Aos poucos tudo foi se encaixando, nós nos aconchegamos nas cadeiras de camurça vermelha e tecido branco, nossos vovôs e vovós ao nosso lado escolhendo o brilho de um esmalte, o desenho a ser pintado ou a cor a ser escolhida. Mas isso foi só um detalhe que peguei naquelas lentes, afinal, na hora que a música soou de um piano parece que tudo ganhou vida; eu consegui sentir uma coisa boa, típica de saudade de uma infância e parei para pensar no quanto aquilo também influenciava cada um ali presente, quem tocou, quem pediu para aprender ou pra quem só falou: “vou tentar, mas só sei o dó-ré-mi-fá-fá-fá”, o som daquelas teclas fez o dia dançar.
Quando pensei que já havia ganhado meu momento registrando aqueles olhares e abraços ganhei o principal presente do dia: Dona Mariele. Possivelmente era realmente este o nome daquela senhora com mãos macias e unhas “firmes e fortes”, como as descreveu. Fiquei ali, tão encantada com seu riso que me perdi nos dados clichês de “nome, o porque está ali e o que fazer da vida”. Ela foi além. No meu levar de conversa - assumidamente não sei como sempre chego nesse ponto com algumas pessoas- ela se abriu me ensinando sobre a vida, em suas palavras: “filha, tenho câncer e não desisti da minha vida, tenho motivos pra viver”.

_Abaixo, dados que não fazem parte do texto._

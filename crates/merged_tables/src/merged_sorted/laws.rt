//! The law of these rows.

ghost use Rattle.merged_tables.specs.merged_sorted.Laws.{SortedTell};

/// The rows that are made of kept rows with the tokens of the output are those of the record that a merge leaves. It does
/// nothing.
pub fn sorted_tell()
    ensures { SortedTell }
{}
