//! The objects of types, one for each closed type.

ghost use Rattle.std.specs.Prelude.{◌≡◌, ℕ, None, slice_get, find, IfOk};
ghost use Rattle.std.specs.Option.{option_copied};
ghost use Rattle.il_base.specs.declared.cil_values.state.State.{State};
ghost use Rattle.rules.specs.step_rules.Next.{Next};
ghost use Rattle.rules.specs.step_rules.CoreTypes.{typed_in, typed_at, typed_by, is_type, typed, with_type};

use il_base::cil_values::{Heap, Obj, State, Value};
use il_base::world_model::TypeExpr;
use il_base::{NoMemory, Seq};
use std::alloc::Global;

/// The type that an object stands for. None for another object.
fn typed_in(o: &Obj) -> Option<&TypeExpr>
    ensures { option_copied result ≡ typed_in o.now }
{
    match o {
        Obj::TypeOf(ty) => Some(ty),
        Obj::Instance { .. } => None,
        Obj::Boxed { .. } => None,
        Obj::Array { .. } => None,
        Obj::Str(_) => None,
        Obj::Member(_, _) => None,
    }
}

fn typed_at(heap: &Heap, at: u32) -> Option<&TypeExpr>
    ensures { option_copied result ≡ typed_at (slice_get heap.now at) }
{
    match heap.get(at) {
        Some(o) => typed_in(o),
        None => None,
    }
}

/// The type whose object a value names. None for any other value.
#[tactic(auto, unfolding(rules::specs::step_rules::CoreTypes::typed_by))]
pub fn typed_by<'a>(st: &'a State, v: &Value) -> Option<&'a TypeExpr>
    ensures { option_copied result ≡ typed_by st.now v.now }
{
    match v {
        Value::Object(at) => typed_at(&st.heap, *at),
        Value::Null => None,
        Value::I4(_) => None,
        Value::I8(_) => None,
        Value::Native(_) => None,
        Value::Pointer(_) => None,
        Value::Struct(_, _) => None,
        Value::Handle(_) => None,
        Value::FieldHandle(_) => None,
    }
}

/// Whether the object with a number is that of a type.
fn is_type(heap: &Heap, at: u32, ty: &TypeExpr) -> bool
    ensures { result ≡ is_type ty.now (typed_at (slice_get heap.now at)) }
{
    match typed_at(heap, at) {
        Some(other) => other.is_same(ty),
        None => false,
    }
}

/// The object of a type, where it was made before.
fn type_object(heap: &Heap, types: &Seq<u32>, ty: &TypeExpr) -> Option<u32>
    ensures { result ≡ find (λ at. is_type ty.now (typed_at (slice_get heap.now at))) types.now }
{
    for at in types.as_slice() {
        if is_type(heap, *at, ty) {
            return Some(*at);
        }
    }
    None
}

/// A new object of a type.
fn new_type(alloc: Global, st: &mut State, ty: &TypeExpr) -> Result<u32, NoMemory>
    ensures { IfOk result (λ at. (f : ℕ → State → Next) → with_type ty.now st.old f None ≡ f at st.new) }
{
    let copy = ty.copy(alloc)?;
    let at = st.heap.add(Obj::TypeOf(copy))?;
    st.types.push(at)?;
    Ok(at)
}

/// The one object of a closed type, which is made now where it wasn't there.
#[tactic(auto, unfolding(rules::specs::step_rules::CoreTypes::typed, rules::specs::step_rules::CoreTypes::type_object))]
pub fn typed(alloc: Global, st: &mut State, ty: &TypeExpr) -> Result<u32, NoMemory>
    ensures { IfOk result (λ at. (f : ℕ → State → Next) → typed ty.now st.old f ≡ f at st.new) }
{
    match type_object(&st.heap, &st.types, ty) {
        Some(at) => Ok(at),
        None => {
            let made = new_type(alloc, st, ty)?;
            Ok(made)
        }
    }
}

Não perguntei diretamente seus motivos, ela mesmo os descreveu no decorrer do assunto: três homens e uma mulher, que pouco a visita, pois “cada tem sua vida, né filha, faz parte…” mas ela pouco se importa com isso, pois seu maior orgulho é tê-los, simplesmente, tê-los. Nada além. Existe amor mais bonito que esse?. Amor que existe pelo simples fato de carinho, de ter, de saber que está bem. Sinceramente acho que este amor é falho hoje em dia. Quando, ilusoriamente, achei que já tinha absorvido toda aquela boa energia, ela se vira com os olhos sorridentes, e me agradece pelas unhas esmaltadas à um tom “clássico” e já amarra um outro assunto de como ali fez-se sua casa: “Dani, tenho meu quarto, minhas coisas, minha vidinha e melhor que isso, sempre me dei bem com todo mundo, acho que é porque eu evito ver a vida com problemas”, neste momento eu estava concentrada em seu sorriso que descreveu suas palavras e só conseguia pensar “Daniely, as pessoas ainda valem a pena”.

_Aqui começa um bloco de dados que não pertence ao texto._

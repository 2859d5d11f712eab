//! Types without their modifiers (II.7.1), and the arguments of generic types.

ghost use Rattle.std.specs.Prelude.{◌≡◌};
ghost use Rattle.rules.specs.step_rules.Closing.{plain, is_void};
ghost use Rattle.rules.specs.step_rules.Words.{args_of};

use il_base::world_model::TypeExpr;
use il_base::{Boxed, element};

/// A type without the modifiers around it; those inside arguments stay.
#[cycle(stripping)]
#[tactic(auto, using(crate::proofs::lemmas::cil_closing::PlainLayers::stripping))]
pub fn without_modifiers(ty: TypeExpr) -> TypeExpr
    ensures { result ≡ plain ty }
{
    match ty {
        TypeExpr::Prim(code) => TypeExpr::Prim(code),
        TypeExpr::Def(id) => TypeExpr::Def(id),
        TypeExpr::Inst(id, args) => TypeExpr::Inst(id, args),
        TypeExpr::Array(of) => TypeExpr::Array(of),
        TypeExpr::ByRef(to) => TypeExpr::ByRef(to),
        TypeExpr::Var(n) => TypeExpr::Var(n),
        TypeExpr::MVar(n) => TypeExpr::MVar(n),
        TypeExpr::Mod {
            required: _,
            by: _,
            inner,
        } => stripped(inner),
    }
}

#[cycle(stripping)]
fn stripped(ty: Boxed<TypeExpr>) -> TypeExpr
    ensures { result ≡ plain ty }
{
    without_modifiers(ty.into_inner())
}

/// Whether a type is VOID, modifiers aside.
#[tactic(auto, using(crate::proofs::lemmas::cil_closing::PlainLayers::telling_void))]
pub fn is_void(ty: &TypeExpr) -> bool
    ensures { result ≡ is_void ty.now }
{
    match ty {
        TypeExpr::Prim(code) => *code == element::VOID,
        TypeExpr::Def(_) => false,
        TypeExpr::Inst(_, _) => false,
        TypeExpr::Array(_) => false,
        TypeExpr::ByRef(_) => false,
        TypeExpr::Var(_) => false,
        TypeExpr::MVar(_) => false,
        TypeExpr::Mod {
            required: _,
            by: _,
            inner,
        } => is_void(inner.get()),
    }
}

/// The arguments of a generic type; none of any other.
#[tactic(auto, unfolding(rules::specs::step_rules::Words::args_of))]
pub fn args_of(ty: &TypeExpr) -> &[TypeExpr]
    ensures { result.now ≡ args_of ty.now }
{
    match ty {
        TypeExpr::Inst(_, args) => args.as_slice(),
        TypeExpr::Prim(_) => &[],
        TypeExpr::Def(_) => &[],
        TypeExpr::Array(_) => &[],
        TypeExpr::ByRef(_) => &[],
        TypeExpr::Var(_) => &[],
        TypeExpr::MVar(_) => &[],
        TypeExpr::Mod {
            required: _,
            by: _,
            inner: _,
        } => &[],
    }
}
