//! Known names.

ghost use Rattle.std.specs.Prelude.{◌≡◌, ◌++◌, IfOk, OnOk};
ghost use Rattle.std.specs.List.{flat_map, list_all};
ghost use Rattle.rules.specs.site_rules.Values.{is_known_name, name_in, known_names};

use il_base::{NoMemory, Seq, Units};
use rules::flow_rules::Source;
use std::alloc::Global;

fn is_known_name(s: &Source) -> bool
    ensures { result ≡ is_known_name s.now }
{
    match s {
        Source::KnownType(_) => false,
        Source::KnownHandle(_) => false,
        Source::KnownText(_) => true,
        Source::Null => true,
        Source::Parameter(_) => false,
        Source::Return(_) => false,
        Source::Field(_) => false,
        Source::TypeParam(_, _) => false,
        Source::MethodParam(_) => false,
        Source::Opaque => false,
    }
}

/// Puts the text of a known name at the end.
#[tactic(auto, using(crate::proofs::Lists::none_more))]
fn put_name(alloc: Global, s: &Source, names: &mut Seq<Units>) -> Result<(), NoMemory>
    ensures { OnOk result (names.new ≡ names.old ++ name_in s.now) }
{
    match s {
        Source::KnownType(_) => Ok(()),
        Source::KnownHandle(_) => Ok(()),
        Source::KnownText(text) => {
            let text = Seq::from_slice(alloc, text.as_slice())?;
            names.push(text)
        }
        Source::Null => Ok(()),
        Source::Parameter(_) => Ok(()),
        Source::Return(_) => Ok(()),
        Source::Field(_) => Ok(()),
        Source::TypeParam(_, _) => Ok(()),
        Source::MethodParam(_) => Ok(()),
        Source::Opaque => Ok(()),
    }
}

fn texts_of(alloc: Global, sources: &[Source]) -> Result<Seq<Units>, NoMemory>
    ensures { IfOk result (λ names. names ≡ flat_map name_in sources.now) }
{
    let mut names = Seq::new(alloc);
    for s in sources {
        put_name(alloc, s, &mut names)?;
    }
    Ok(names)
}

/// Whether each source is a known text or null.
fn all_known(sources: &[Source]) -> bool
    ensures { result ≡ list_all is_known_name sources.now }
{
    for s in sources {
        if !is_known_name(s) {
            return false;
        }
    }
    true
}

/// The texts of a name, where each source is a known text or null.
#[tactic(auto, unfolding(rules::specs::site_rules::Values::known_names))]
pub(crate) fn known_names(alloc: Global, sources: &[Source]) -> Result<Option<Seq<Units>>, NoMemory>
    ensures { IfOk result (λ names. names ≡ known_names sources.now) }
{
    if !all_known(sources) {
        return Ok(None);
    }
    let names = texts_of(alloc, sources)?;
    Ok(Some(names))
}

Ao findar das quinze horas, a correria se alastra com o aviso da “Hora do café”, foi beijos jogados ao vento, mãos apertadas, boa palavras e energias desejadas. A senhora da mão macia e do riso largo, que tem seu nome variando entre Mariele e Marineide, terminou nossa conexão da seguinte forma: “vocês fazem a rotina mudar, não é encheção de saco, pelo contrário, se você me diz que aprendeu comigo hoje com meus 78 anos, eu lhe digo que aprendemos sempre com vocês, seja com 21 ou 78 anos, o aprendizado é constante”, apertei sua mão, agradeci por aquilo e ainda me pego agradecendo.
Na despedida, ainda encontro o nosso castelhano, “Seu José”, que me avisou que sentiu saudade de nós, que da próxima vez estará ali na salinha com a gente, pediu até desculpas porque estava dormindo, e me disse tchau dizendo “olha, as obras aqui estão devagar, acredita?” e saltou ao ar mais um riso largo. E assim, ao fechar os portões da “Casa das Flores” eu respirei fundo e agradeci pelo dia, pela música e principalmente, pelos diversos risos vistos nos olhos e nos lábios dos meus amigos e dos nossos vovôs.

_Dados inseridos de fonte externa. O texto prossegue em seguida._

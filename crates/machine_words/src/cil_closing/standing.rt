//! How a type counts once it is closed.

ghost use Rattle.std.specs.Prelude.{◌≡◌, length};
ghost use Rattle.std.specs.List.{list_all};
ghost use Rattle.rules.specs.step_rules.Closing.{standing, is_whole, is_sound, takes};

use crate::cil_queries::Answers;
use il_base::world_model::TypeExpr;
use il_base::{TypeId, element};

/// Whether a type definition has this many generic parameters.
pub(crate) fn takes<Q: Answers>(q: &Q, ty: TypeId, count: usize) -> bool
    ensures { result ≡ takes ((Q.queries q.now).head ty.0) count }
{
    match q.head(ty.0) {
        None => false,
        Some(head) => head.params as usize == count,
    }
}

/// Whether a type is closed and can be an argument, an element or a field: neither VOID nor a reference, each generic type
/// with as many arguments as it has parameters.
#[cycle(whole)]
#[tactic(auto, using(crate::proofs::lemmas::cil_closing::StandingLayers::standing_whole))]
pub(crate) fn is_whole<Q: Answers>(q: &Q, ty: &TypeExpr) -> bool
    ensures { result ≡ is_whole (standing (Q.queries q.now).head ty.now) }
{
    match ty {
        TypeExpr::Prim(code) => *code != element::VOID,
        TypeExpr::Def(id) => takes(q, *id, 0),
        TypeExpr::Inst(id, args) => takes(q, *id, args.len()) && are_whole(q, args.as_slice()),
        TypeExpr::Array(of) => is_whole(q, of.get()),
        TypeExpr::ByRef(_) => false,
        TypeExpr::Var(_) => false,
        TypeExpr::MVar(_) => false,
        TypeExpr::Mod {
            required: _,
            by: _,
            inner,
        } => is_whole(q, inner.get()),
    }
}

/// Whether each of some types is so.
#[cycle(whole)]
pub fn are_whole<Q: Answers>(q: &Q, types: &[TypeExpr]) -> bool
    ensures { result ≡ list_all (λ e. is_whole (standing (Q.queries q.now).head e)) types.now }
{
    for one in types {
        if !is_whole(q, one) {
            return false;
        }
    }
    true
}

/// Whether a type is closed, each generic type with as many arguments as it has parameters.
#[tactic(auto, using(crate::proofs::lemmas::cil_closing::StandingLayers::standing_sound))]
pub(crate) fn is_sound<Q: Answers>(q: &Q, ty: &TypeExpr) -> bool
    ensures { result ≡ is_sound (standing (Q.queries q.now).head ty.now) }
{
    match ty {
        TypeExpr::Prim(_) => true,
        TypeExpr::Def(id) => takes(q, *id, 0),
        TypeExpr::Inst(id, args) => takes(q, *id, args.len()) && are_whole(q, args.as_slice()),
        TypeExpr::Array(of) => is_whole(q, of.get()),
        TypeExpr::ByRef(to) => is_sound(q, to.get()),
        TypeExpr::Var(_) => false,
        TypeExpr::MVar(_) => false,
        TypeExpr::Mod {
            required: _,
            by: _,
            inner,
        } => is_sound(q, inner.get()),
    }
}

Um dia embebido de riso largo e da função que mais amo fazer, a de escutar. Que dia, meu caros, que dia.


Daniely Poiati.

[Daniely é extensionista da LES desde março de 2017 e está cursando o primeiro ano do curso de Medicina. Aos sábados, ela visita os idosos do asilo oferecendo ouvidos atentos e falas carinhosas].



Comentários

  1. Parabéns minha menina, minha sobrinha linda, o mundo precisa ser humanizado, orgulho de você Dany, ser humilde, humana e fazer o bem é uma davida de Deus, que ele te conserve assim para toda sua vida.